Keine Frage. Ich koche ausschließlich für mich alleine. Am schönsten ist das, wenn abends Gäste kommen. Im besten Fall ist dann der ganze Tag verplant, und wenn ich mittags vom Einkaufen nach Hause komme, dann wird es einsam um mich. Nur Hungerlaute können mich aus der inneren Emigration hervorholen, das Gebrüll meines Katers vor seinem leeren Napf mit Sicherheit.

Er ist überhaupt das einzige Wesen, das mir in der Küche noch Gesellschaft leistet. Von seinem Platz auf dem Küchenstuhl beobachtet er über Stunden konzentriert und leise, was an Herd und Spüle vor sich geht. Für ihn scheint das wie Fernsehen zu sein. Er hat leider nur ein Gespür dafür, wenn die ganze Klapperei, das Brodeln und Zischen dem Höhepunkt zustreben. Wenn also die Nudeln noch dreißig Sekunden brauchen, ich bis dahin nach neuem Rezept noch eine Vinaigrette machen will – mit Tahin und einem kleinen Spritzer Granatapfelsirup. Dann setzt er zum Culinarius interruptus an.

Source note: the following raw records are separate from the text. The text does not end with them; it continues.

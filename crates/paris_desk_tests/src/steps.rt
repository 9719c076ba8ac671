//! Tables of steps: what a seat does at a desk, and what must come of it.

use crate::spellings::{Text, instr_of, key, name};
use paris_desk::{Desk, Front, Office, Seat};
use paris_edits::{Edit, EditReply, RowLook, Verdict};
use paris_events::Shown;
use paris_exec::{Done, Order, execute};
use paris_names::{Edition, Fault, Items, RowId, Spot};
use std::alloc::{AllocError, Global};
use std::process::Abort;
use std::sync::Wait;

/// An edit, as a table has it. Its set is `S`, and where it has no width its fields have width 8.
#[derive(Clone, Copy)]
pub(crate) enum Change {
    /// The set is declared, with axes of these lengths.
    Set(&'static [u64]),
    /// A field of this name is declared.
    Field(Text),
    /// A field of this name is declared that has this width.
    FieldOf(Text, u64),
    /// A field is given these numbers, from the first processor on.
    Input(Text, &'static [u128]),
    /// An instruction is put in at the end.
    Insert(Text),
    /// The row of this id is taken out.
    Delete(u64),
}

/// What a seat does at a desk, and what must come of it.
#[derive(Clone, Copy)]
pub(crate) enum Step {
    /// An edit is accepted, which puts in no row.
    Accepts(Change),
    /// An instruction is put in at the end, and becomes the row of this id.
    Inserts(Text, u64),
    /// An edit is refused with this fault.
    Refuses(Change, Fault),
    /// An order is taken, which is for the row of this id with this edition. Its result is kept in hand.
    Takes(u64, u64),
    /// The result in hand that was taken after that many others is brought, and is judged so.
    Brings(usize, Verdict),
    /// The orders that are out are given up.
    Releases,
    /// Just the rows of these ids are listed.
    Lists(&'static [u64]),
    /// A look at the rows is not recorded, by this fault.
    MayNotList(Fault),
    /// What is shown of a key at a spot is settled, and these numbers.
    Shows(Text, Spot, &'static [u128]),
    /// A key is pending at a spot, for the row of this id.
    Waits(Text, Spot, u64),
    /// The seat is told of so many entries.
    Learns(u64),
    /// It has so many receipts, and was told of so many entries.
    Has(usize, u64),
}

fn field_of(rt: &impl Abort, field: Text, width: u64) -> Edit {
    Edit::AddField {
        name: name(rt, field),
        set: name(rt, b"S"),
        width,
    }
}

fn edit_of(rt: &impl Abort, alloc: Global, change: Change) -> Result<Edit, AllocError> {
    match change {
        Change::Set(axes) => {
            Ok(Edit::AddSet {
                name: name(rt, b"S"),
                axes: Items::new(Vec::from_slice(alloc, axes)?),
            })
        }
        Change::Field(field) => Ok(field_of(rt, field, 8)),
        Change::FieldOf(field, width) => Ok(field_of(rt, field, width)),
        Change::Input(field, numbers) => {
            Ok(Edit::Input {
                key: key(rt, field),
                from: 0,
                values: Items::new(Vec::from_slice(alloc, numbers)?),
            })
        }
        Change::Insert(text) => {
            Ok(Edit::Insert {
                spot: Spot::End,
                instr: instr_of(rt, text),
            })
        }
        Change::Delete(id) => Ok(Edit::Delete(RowId(id))),
    }
}

/// Whether an edit is answered so.
fn edits<L: Office>(
    rt: &(impl Abort + Wait),
    alloc: Global,
    desk: &Desk<L>,
    seat: &mut Seat<L>,
    change: Change,
    answer: Result<EditReply, Fault>,
) -> Result<bool, Fault> {
    let edit = edit_of(rt, alloc, change)?;
    Ok(desk.edit(rt, seat, edit) == answer)
}

/// Whether an order is for the row of this id, with this edition.
fn is_order_for(order: &Order, row: (u64, u64)) -> bool {
    order.id() == RowId(row.0) && order.edition() == Edition(row.1)
}

/// Executes an order, and keeps its result in hand.
fn executes(
    rt: &impl Abort,
    alloc: Global,
    hand: &mut Vec<Done>,
    order: Order,
) -> Result<(), AllocError> {
    let done = execute(alloc, order).ok().expect(rt, "there is memory");
    hand.push(done)?;
    Ok(())
}

/// Whether an order is taken that is for this row.
fn takes<L: Office>(
    rt: &(impl Abort + Wait),
    alloc: Global,
    desk: &Desk<L>,
    seat: &mut Seat<L>,
    hand: &mut Vec<Done>,
    row: (u64, u64),
) -> Result<bool, Fault> {
    let order = desk.take(rt, seat)?.expect(rt, "a row is ready");
    let is_wanted = is_order_for(&order, row);
    executes(rt, alloc, hand, order)?;
    Ok(is_wanted)
}

/// Whether a result in hand is judged so.
fn brings<L: Office>(
    rt: &(impl Abort + Wait),
    desk: &Desk<L>,
    seat: &mut Seat<L>,
    hand: &[Done],
    place: usize,
    verdict: Verdict,
) -> Result<bool, Fault> {
    let done = hand.get(place).expect(rt, "it is in hand").copy()?;
    Ok(desk.bring(rt, seat, done).ok() == Some(verdict))
}

/// The orders that are out are given up.
fn releases<L: Office>(
    rt: &(impl Abort + Wait),
    desk: &Desk<L>,
    seat: &mut Seat<L>,
) -> Result<bool, Fault> {
    desk.release(rt, seat)?;
    Ok(true)
}

/// Whether these are the rows of these ids.
fn are_rows(looks: &[RowLook], ids: &[u64]) -> bool {
    if looks.len() != ids.len() {
        return false;
    }
    for (look, id) in looks.iter().zip(ids.iter()) {
        if look.id != RowId(*id) {
            return false;
        }
    }
    true
}

/// Whether just the rows of these ids are listed.
fn lists<L: Office>(
    rt: &(impl Abort + Wait),
    desk: &Desk<L>,
    seat: &mut Seat<L>,
    ids: &[u64],
) -> Result<bool, Fault> {
    let looks = desk.list(rt, seat)?;
    Ok(are_rows(looks.as_slice(), ids))
}

/// Whether what is shown is settled, and these numbers.
fn is_settled(shown: &Shown, numbers: &[u128]) -> Result<bool, Fault> {
    match shown {
        Shown::Settled(value) => Ok(value.get().numbers()?.as_slice() == numbers),
        Shown::Pending(_) => Ok(false),
    }
}

/// Whether what is shown is pending, for the row of this id.
fn is_pending(shown: &Shown, id: u64) -> bool {
    match shown {
        Shown::Settled(_) => false,
        Shown::Pending(row) => *row == RowId(id),
    }
}

/// Whether a key is settled at a spot, and these numbers.
fn shows<L: Office>(
    rt: &(impl Abort + Wait),
    desk: &Desk<L>,
    seat: &mut Seat<L>,
    field: Text,
    spot: Spot,
    numbers: &[u128],
) -> Result<bool, Fault> {
    let shown = desk.show(rt, seat, key(rt, field), spot)?;
    is_settled(&shown, numbers)
}

/// Whether a key is pending at a spot, for the row of this id.
fn waits<L: Office>(
    rt: &(impl Abort + Wait),
    desk: &Desk<L>,
    seat: &mut Seat<L>,
    field: Text,
    spot: Spot,
    id: u64,
) -> Result<bool, Fault> {
    let shown = desk.show(rt, seat, key(rt, field), spot)?;
    Ok(is_pending(&shown, id))
}

/// A seat is told of so many entries.
fn learns<L: Office>(seat: &mut Seat<L>, count: u64) -> bool {
    seat.learn(Front(count));
    true
}

/// Whether a seat has so many receipts, and was told of so many entries.
fn has<L: Office>(seat: &Seat<L>, receipts: usize, front: u64) -> bool {
    seat.receipts().len() == receipts && seat.front() == Front(front)
}

/// Whether a step gives what must come of it.
fn makes<L: Office>(
    rt: &(impl Abort + Wait),
    alloc: Global,
    desk: &Desk<L>,
    seat: &mut Seat<L>,
    hand: &mut Vec<Done>,
    step: Step,
) -> Result<bool, Fault> {
    match step {
        Step::Accepts(change) => edits(rt, alloc, desk, seat, change, Ok(EditReply::Accepted)),
        Step::Inserts(text, id) => {
            let answer = Ok(EditReply::Row(RowId(id)));
            edits(rt, alloc, desk, seat, Change::Insert(text), answer)
        }
        Step::Refuses(change, fault) => edits(rt, alloc, desk, seat, change, Err(fault)),
        Step::Takes(id, edition) => takes(rt, alloc, desk, seat, hand, (id, edition)),
        Step::Brings(place, verdict) => brings(rt, desk, seat, hand.as_slice(), place, verdict),
        Step::Releases => releases(rt, desk, seat),
        Step::Lists(ids) => lists(rt, desk, seat, ids),
        Step::MayNotList(fault) => Ok(desk.list(rt, seat).err() == Some(fault)),
        Step::Shows(field, spot, numbers) => shows(rt, desk, seat, field, spot, numbers),
        Step::Waits(field, spot, id) => waits(rt, desk, seat, field, spot, id),
        Step::Learns(count) => Ok(learns(seat, count)),
        Step::Has(receipts, front) => Ok(has(seat, receipts, front)),
    }
}

/// The steps of a table, each of the seat at its place, with results in hand.
fn plays_with<L: Office>(
    rt: &(impl Abort + Wait),
    alloc: Global,
    desk: &Desk<L>,
    seats: &mut [Seat<L>],
    hand: &mut Vec<Done>,
    steps: &[(usize, Step)],
) -> Result<(), Fault> {
    for (number, (place, step)) in steps.iter().enumerate() {
        let seat = seats.get_mut(*place).expect(rt, "there is such a seat");
        let is_made = makes(rt, alloc, desk, seat, hand, *step)?;
        assert!(rt; is_made, "step {number}");
    }
    Ok(())
}

/// The steps of a table, each of the seat at its place.
pub(crate) fn plays<L: Office>(
    rt: &(impl Abort + Wait),
    alloc: Global,
    desk: &Desk<L>,
    seats: &mut [Seat<L>],
    steps: &[(usize, Step)],
) -> Result<(), Fault> {
    let mut hand = Vec::new(alloc);
    plays_with(rt, alloc, desk, seats, &mut hand, steps)
}

/// The steps of a table, all of one seat, with results in hand.
fn plays_alone_with<L: Office>(
    rt: &(impl Abort + Wait),
    alloc: Global,
    desk: &Desk<L>,
    seat: &mut Seat<L>,
    hand: &mut Vec<Done>,
    steps: &[Step],
) -> Result<(), Fault> {
    for (number, step) in steps.iter().enumerate() {
        let is_made = makes(rt, alloc, desk, seat, hand, *step)?;
        assert!(rt; is_made, "step {number}");
    }
    Ok(())
}

/// The steps of a table, all of one seat.
pub(crate) fn plays_alone<L: Office>(
    rt: &(impl Abort + Wait),
    alloc: Global,
    desk: &Desk<L>,
    seat: &mut Seat<L>,
    steps: &[Step],
) -> Result<(), Fault> {
    let mut hand = Vec::new(alloc);
    plays_alone_with(rt, alloc, desk, seat, &mut hand, steps)
}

Was habe ich mir schon alles anhören müssen, von Freunden, Mitbewohnern, Geliebten: Wie unkommunikativ ich sei, total absorbiert, ach was, wie asozial. Sie haben mit allem Recht. Aber hey, was soll’s, wenn es hinterher lecker Essen gibt. Ich brauche kein Küchenbier, keine Küchenmusik und auch keine ange­nehme Unterhaltung. Wenn ich koche, führe ich die mit mir. Alles andere reißt mich aus der Konzentration. Und wer, bitte schön, hat gesagt, dass Menschen miteinander kochen sollen?

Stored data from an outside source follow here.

//! Tests of desks, with seats in threads. It has no code of its own.
#![tactic(auto)]

#[cfg(test)]
mod desks;
#[cfg(test)]
mod endings;
#[cfg(test)]
mod spellings;
#[cfg(test)]
mod steps;
#[cfg(test)]
mod working;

Wie soll das auch gehen, miteinander kochen? Schon ein Blick in eine Restaurantküche zeigt, dass das eine ganz schlechte Idee ist. Profis kochen nicht gemeinsam, sondern nebeneinander, alle Tätigkeiten sind genau verteilt, und wenn es am Ende dem Chefkoch nicht schmeckt, dann setzt es – leider noch viel zu oft – Gebrüll.

Es ist wie meditieren

Für die Arbeitsteilung gibt es gute Gründe. Sich ein Schneidbrett zu teilen, um gemeinsam Karotten zu schneiden, hebt das Verletzungsrisiko enorm. Und je mehr Menschen an einem Eintopf zugange sind, um so mehr Gewürze werden am Ende drin sein, weil der eine nichts ohne Tabasco macht, die andere nichts ohne Muskatnuss und der Dritte verzweifelt vor dem Spirituosenschrank steht: „Das kann doch nicht sein. Der Sherry ist alle.“ Mir ist behagliche Einsamkeit oft lieber als Geistesverwandtschaft auf gut Glück. Dieser Satz stammt von der amerikanischen Essayistin M.F.K. Fisher. Sie hat damit 1949 begründet, warum sie lieber allein am Herd steht. Besser kann man es nicht formulieren.

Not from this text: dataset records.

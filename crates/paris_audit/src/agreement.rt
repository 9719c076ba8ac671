//! Whether a history and the receipts of its seats agree.

ghost use Rattle.std.specs.Prelude.{◌≡◌, ◌<◌, ◌↔◌, ℕ, nat_lt, length, map, IfOk, IsTrue, OnOk};
ghost use Rattle.std.specs.List.{list_all};
ghost use Rattle.paris_names.specs.declared.profiles.Profile.TheVariants.{One};
ghost use Rattle.paris_events.specs.Events.{after, reply_to};
ghost use Rattle.paris_records.specs.History.{Legal, LegalFrom, entry};
ghost use Rattle.paris_records.specs.Agreement.{Accounted, Agree, InPlace, InPlaces, calls_of, receipts_of_seat};

use paris_book::Book;
use paris_names::Profile;
use paris_records::{Entry, Receipt, copy_of_event, is_same_event, is_same_reply};
use std::alloc::{AllocError, Global};

/// Whether an entry's reply is what a book answers to its event. The book makes the event.
fn is_answered(book: &mut Book, entry: &Entry) -> Result<bool, AllocError>
    ensures reply { IfOk result (λ same. IsTrue same ↔ (entry.now.reply ≡ reply_to book.old entry.now.event)) }
    ensures state { OnOk result (book.new ≡ after book.old entry.now.event) }
{
    let event = copy_of_event(&entry.event)?;
    match book.step(event) {
        Ok(reply) => Ok(is_same_reply(&reply, &entry.reply)),
        Err(_) => Err(AllocError),
    }
}

/// Whether each reply of a list of entries is what the book answers. The book makes the events one by one, up to the first entry whose reply
/// is another one. The error says that memory for an event was refused; the book has then made those before it.
pub fn are_answered(book: &mut Book, entries: &[Entry]) -> Result<bool, AllocError>
    ensures { IfOk result (λ answer. IsTrue answer ↔ LegalFrom book.old entries.now) }
{
    for entry in entries {
        if !is_answered(book, entry)? {
            return Ok(false);
        }
    }
    Ok(true)
}

/// Whether each reply is what the book answers: the events are made again, one by one, from an empty book of a profile on.
fn is_legal(alloc: Global, profile: Profile, entries: &[Entry]) -> Result<bool, AllocError>
    ensures { IfOk result (λ answer. IsTrue answer ↔ Legal profile entries.now) }
{
    let mut book = Book::with_profile(alloc, profile);
    are_answered(&mut book, entries)
}

/// Whether an entry has a seat and a receipt's event and reply.
fn is_of(kept: &Entry, seat: u64, receipt: &Receipt) -> bool
    ensures { IsTrue result ↔ (kept.now ≡ entry seat receipt.now.event receipt.now.reply) }
{
    kept.seat == seat
        && is_same_event(&kept.event, &receipt.event)
        && is_same_reply(&kept.reply, &receipt.reply)
}

/// Whether a receipt is in its place, above a number.
fn is_in_place(entries: &[Entry], seat: u64, above: u64, receipt: &Receipt) -> bool
    ensures { IsTrue result ↔ InPlace entries.now seat above receipt.now }
{
    if receipt.number <= above || receipt.seat != seat {
        return false;
    }
    match entries.get((receipt.number - 1) as usize) {
        Some(kept) => is_of(kept, seat, receipt),
        None => false,
    }
}

/// Whether a seat's receipts are in their places.
fn are_in_places(entries: &[Entry], seat: u64, receipts: &[Receipt]) -> bool
    ensures { IsTrue result ↔ InPlaces entries.now seat 0 receipts.now }
{
    let mut above = 0;
    for receipt in receipts {
        if !is_in_place(entries, seat, above, receipt) {
            return false;
        }
        above = receipt.number;
    }
    true
}

/// How many entries a seat has.
fn calls_of(entries: &[Entry], seat: u64) -> usize
    ensures { result ≡ calls_of seat entries.now }
{
    let mut count = 0;
    for entry in entries {
        if entry.seat == seat {
            count += 1;
        }
    }
    count
}

/// Whether a seat's receipts account for its entries.
fn is_accounted(entries: &[Entry], seat: u64, receipts: &[Receipt]) -> bool
    ensures { IsTrue result ↔ Accounted entries.now seat receipts.now }
{
    are_in_places(entries, seat, receipts) && calls_of(entries, seat) == receipts.len()
}

/// Whether each list accounts for the entries of its seat.
fn are_accounted(entries: &[Entry], receipts: &[Vec<Receipt>]) -> bool
    ensures { IsTrue result ↔ ((seat : ℕ) → seat < length receipts.now → Accounted entries.now seat (receipts_of_seat (map (λ r. r.items) receipts.now) seat)) }
{
    for seat in 0..receipts.len() {
        if !is_accounted(entries, seat as u64, receipts[seat].as_slice()) {
            return false;
        }
    }
    true
}

/// Whether the seat of each entry is below a number.
fn are_below(entries: &[Entry], seats: u64) -> bool
    ensures { result ≡ list_all (λ e. nat_lt e.seat seats) entries.now }
{
    entries.iter().all(|entry| entry.seat < seats)
}

/// Whether the receipts account for all entries: each list for those of its seat, and no other seat has one.
fn are_all_accounted(entries: &[Entry], receipts: &[Vec<Receipt>]) -> bool
    ensures { IsTrue result ↔ ((seat : ℕ) → Accounted entries.now seat (receipts_of_seat (map (λ r. r.items) receipts.now) seat)) }
{
    are_below(entries, receipts.len() as u64) && are_accounted(entries, receipts)
}

/// Whether a history and the receipts of its seats, by number, agree, as those of a closed desk of profile 1 do. The events are made
/// again from an empty book on; the error says that memory for it was refused.
pub fn audit(
    alloc: Global,
    entries: &[Entry],
    receipts: &[Vec<Receipt>],
) -> Result<bool, AllocError>
    ensures { IfOk result (λ answer. IsTrue answer ↔ Agree One entries.now (map (λ r. r.items) receipts.now)) }
{
    audit_with(alloc, Profile::One, entries, receipts)
}

/// The same of a desk of a profile.
pub fn audit_with(
    alloc: Global,
    profile: Profile,
    entries: &[Entry],
    receipts: &[Vec<Receipt>],
) -> Result<bool, AllocError>
    ensures { IfOk result (λ answer. IsTrue answer ↔ Agree profile entries.now (map (λ r. r.items) receipts.now)) }
{
    let legal = is_legal(alloc, profile, entries)?;
    Ok(legal && are_all_accounted(entries, receipts))
}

Es ist nicht so, dass ich Menschen nicht in meine Küche lasse. Es muss nur klar sein, wer der Chefkoch ist – sie oder ich? Hierarchie hebt den Geschmack.

Am liebsten aber bin ich in der Küche immer noch mit mir allein. Es gibt viele Menschen, die diese Situation mit Meditation vergleichen. Da ist was dran. Der Kopf schaltet ab, dafür fangen Augen, Nase und Ohren an zu denken, vor allem die Hände – und die innere Stimme zieht sich zurück. Sogar wenn ich nach einem einfachen Rezept arbeite, muss ich unzählige Male auf die Anleitung sehen: Ach ja, zwei Teelöffel Sojasauce müssen in die Marinade für das Hühnchen. Wahrscheinlich habe ich das aber schon wieder vergessen, wenn ich die Flasche mit der Sojasauce in der Hand habe. Sprachliche Informationen werden, wenn ich am Herd stehe, in die Warteschleife geschoben. Aber wenn Pinienkerne beim Rösten in der Pfanne schon zu braun riechen, reagiere ich blitzschnell.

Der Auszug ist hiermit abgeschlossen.